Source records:
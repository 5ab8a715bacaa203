//! What a run on a frame stream begins with: the image, what `verify` says of it, and the maps.

ghost use Rattle.std.specs.Prelude.{◌≡◌, IfOk};
ghost use Rattle.isa_model.specs.Code.Instructions.{Program};
ghost use Rattle.image.specs.Images.{IsImage, image_bytes};
ghost use Rattle.maps.specs.Maps.{rows_of};
ghost use Rattle.survey_commands.specs.Runs.{SaysOf};

use crate::failures::SurveyError;
use crate::files::read_image;
use crate::looks::{say, say_malformed};
use crate::streams::open_stream;
use control_flow::FlowError;
use coverage::BoundVerdict;
use exact_io::write_bytes;
use explorer::{Refusal, verify};
use frames::Buffered;
use image::{Image, ImageError};
use map_texts::{MapTextError, MapTextErrorKind, fill_maps};
use maps::Maps;
use messages::{Rejection, maps_line, verdict_line};
use std::alloc::{AllocError, Global};
use std::fs;
use std::io::{ErrorKind, Read, Write};
use std::rt::Files;
use words::RunAsked;

/// Why a run does not begin.
#[derive(Drop)]
pub enum NotBegun {
    /// The image or the text of its maps is refused, which was said.
    Refused,
    Failed(SurveyError),
}

impl From<AllocError> for NotBegun {
    ghost use Rattle.std.specs.Prelude.{◌≡◌};
    ghost use Rattle.survey_commands.specs.declared.failures.SurveyError.TheVariants.{Memory};
    ghost use Rattle.survey_commands.specs.declared.begun.NotBegun.TheVariants.{Failed};

    ghost from_gives = { λ _ e. e ≡ Failed Memory };

    fn from(_error: AllocError) -> NotBegun {
        NotBegun::Failed(SurveyError::Memory)
    }
}

impl NotBegun {
    /// The status, or the failure.
    pub fn ended(self) -> Result<u8, SurveyError>
        ensures { IfOk result (λ status. status ≡ 2) }
    {
        match self {
            NotBegun::Refused => Ok(2),
            NotBegun::Failed(failure) => Err(failure),
        }
    }
}

/// The image in a file, with its bytes. Standard output says of others why they are none, as of
/// every look at an image.
pub fn load<R: Files, W1: Write, W2: Write>(
    rt: &R,
    alloc: Global,
    path: &str,
    out: &mut W1,
    err: &mut W2,
) -> Result<(Vec<u8>, Image), NotBegun>
    ensures spelled { IfOk result (λ loaded. loaded.0.items ≡ image_bytes loaded.1) }
    ensures fits { IfOk result (λ loaded. IsImage loaded.1) }
{
    let bytes = match read_image(rt, alloc, path) {
        Ok(bytes) => bytes,
        Err(error) => {
            return Err(NotBegun::Failed(SurveyError::of_read(alloc, path, error.kind())));
        }
    };
    match Image::parse(alloc, bytes.as_slice()) {
        Ok(image) => Ok((bytes, image)),
        Err(ImageError::Memory) => Err(NotBegun::Failed(SurveyError::Memory)),
        Err(error) => match say_malformed(alloc, bytes.as_slice(), error, out, err) {
            Ok(()) => Err(NotBegun::Refused),
            Err(failure) => Err(NotBegun::Failed(failure)),
        },
    }
}

/// The image of bytes that were parsed before.
pub fn parsed_again(alloc: Global, bytes: &[u8]) -> Result<Image, SurveyError>
    ensures { (p : Program) → IsImage p → bytes.now ≡ image_bytes p
        → IfOk result (λ image. image ≡ p) }
{
    match Image::parse(alloc, bytes) {
        Ok(image) => Ok(image),
        Err(_) => Err(SurveyError::Memory),
    }
}

/// Says on standard error that an image is run that `verify` refuses.
fn say_refused<W: Write>(alloc: Global, line: &str, err: &mut W) -> Result<(), AllocError> {
    let text = format!(in alloc; "verify says: {line}; it is run with all checks\n")?;
    let _ = write_bytes(err, text.as_bytes());
    Ok(())
}

/// What `verify` says of an image. Standard error gets a line if it is refused.
pub fn judged<W: Write>(
    alloc: Global,
    image: Image,
    err: &mut W,
) -> Result<BoundVerdict, AllocError>
    ensures { IfOk result (SaysOf image) }
{
    match verify(alloc, image) {
        Ok(verified) => Ok(BoundVerdict::Bound(verified.bound())),
        Err((Refusal::Memory | Refusal::Flow(FlowError::Memory), _)) => Ok(BoundVerdict::Unknown),
        Err((refusal, slot)) => {
            let line = verdict_line(alloc, refusal, slot)?;
            let line = String::from_str(alloc, line.as_str().trim_end())?;
            say_refused(alloc, line.as_str(), err)?;
            Ok(BoundVerdict::Refused(line))
        }
    }
}

/// Says that a text does not fill the maps, as `xdpvm_filter` does.
fn text_refused<W1: Write, W2: Write>(
    alloc: Global,
    error: MapTextError,
    path: &str,
    out: &mut W1,
    err: &mut W2,
) -> NotBegun {
    if let MapTextErrorKind::ReadFailed = error.kind {
        return NotBegun::Failed(SurveyError::of_read(alloc, path, ErrorKind::Other));
    }
    let said = match maps_line(alloc, error) {
        Ok(line) => say(alloc, line.as_str(), out),
        Err(_) => Err(SurveyError::Memory),
    };
    match said {
        Ok(()) => {
            let rejection = Rejection::Maps(error);
            if rejection.say(err).is_ok() {
                let _ = rejection.say_code(err);
            }
            NotBegun::Refused
        }
        Err(failure) => NotBegun::Failed(failure),
    }
}

/// The maps after the lines of the text that a source returns.
fn filled<S: Read + Drop, W1: Write, W2: Write>(
    alloc: Global,
    maps: Maps,
    source: S,
    path: &str,
    out: &mut W1,
    err: &mut W2,
) -> Result<Maps, NotBegun>
    ensures { IfOk result (λ filled. rows_of filled ≡ rows_of maps) }
{
    let mut maps = maps;
    let mut source = source;
    match fill_maps(&mut maps, &mut source) {
        Ok(()) => Ok(maps),
        Err(error) => Err(text_refused(alloc, error, path, out, err)),
    }
}

/// The maps of a program before the first frame: new ones, filled by the text at the path, if one
/// is given.
pub fn maps_begun<R: Files, W1: Write, W2: Write>(
    rt: &R,
    alloc: Global,
    image: &Image,
    path: Option<&str>,
    out: &mut W1,
    err: &mut W2,
) -> Result<Maps, NotBegun>
    ensures { IfOk result (λ maps. rows_of maps ≡ image.now.maps) }
{
    let Ok(maps) = Maps::new(alloc, image) else {
        return Err(NotBegun::Failed(SurveyError::Memory));
    };
    match path {
        None => Ok(maps),
        Some(path) => match fs::open(rt, path) {
            Ok(source) => filled(alloc, maps, source, path, out, err),
            Err(error) => { Err(NotBegun::Failed(SurveyError::of_read(alloc, path, error.kind()))) }
        },
    }
}

/// What a run on a frame stream begins with: the bytes of the image, the image, the same once more
/// for its verdict, the maps before the first frame, and the stream.
#[derive(Drop)]
pub struct Begun<S> {
    pub bytes: Vec<u8>,
    pub image: Image,
    pub again: Image,
    pub maps: Maps,
    pub source: Buffered<S>,
}

/// Reads the image and what its maps begin with, and opens the stream.
pub fn begin<R: Files, W1: Write, W2: Write>(
    rt: &R,
    alloc: Global,
    asked: RunAsked<'_>,
    out: &mut W1,
    err: &mut W2,
) -> Result<Begun<<R as Files>::File>, NotBegun>
    ensures spelled { IfOk result (λ begun. begun.bytes.items ≡ image_bytes begun.image) }
    ensures fits { IfOk result (λ begun. IsImage begun.image) }
    ensures again { IfOk result (λ begun. begun.again ≡ begun.image) }
    ensures rows { IfOk result (λ begun. rows_of begun.maps ≡ begun.image.maps) }
{
    let (bytes, image) = load(rt, alloc, asked.image, out, err)?;
    let again = match parsed_again(alloc, bytes.as_slice()) {
        Ok(again) => again,
        Err(failure) => return Err(NotBegun::Failed(failure)),
    };
    let maps = maps_begun(rt, alloc, &image, asked.maps, out, err)?;
    let source = open_stream(rt, alloc, asked.frames)?;
    Ok(Begun {
        bytes,
        image,
        again,
        maps,
        source,
    })
}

» **Problem to solve**:
Only the lines from the start of the data to the line holding "use std::rt::Files;" are wanted; return them exactly, both ends included.

» **Written response**:
repository 5ab8a715bacaa203
//! What a run on a frame stream begins with: the image, what `verify` says of it, and the maps.

ghost use Rattle.std.specs.Prelude.{◌≡◌, IfOk};
ghost use Rattle.isa_model.specs.Code.Instructions.{Program};
ghost use Rattle.image.specs.Images.{IsImage, image_bytes};
ghost use Rattle.maps.specs.Maps.{rows_of};
ghost use Rattle.survey_commands.specs.Runs.{SaysOf};

use crate::failures::SurveyError;
use crate::files::read_image;
use crate::looks::{say, say_malformed};
use crate::streams::open_stream;
use control_flow::FlowError;
use coverage::BoundVerdict;
use exact_io::write_bytes;
use explorer::{Refusal, verify};
use frames::Buffered;
use image::{Image, ImageError};
use map_texts::{MapTextError, MapTextErrorKind, fill_maps};
use maps::Maps;
use messages::{Rejection, maps_line, verdict_line};
use std::alloc::{AllocError, Global};
use std::fs;
use std::io::{ErrorKind, Read, Write};
use std::rt::Files;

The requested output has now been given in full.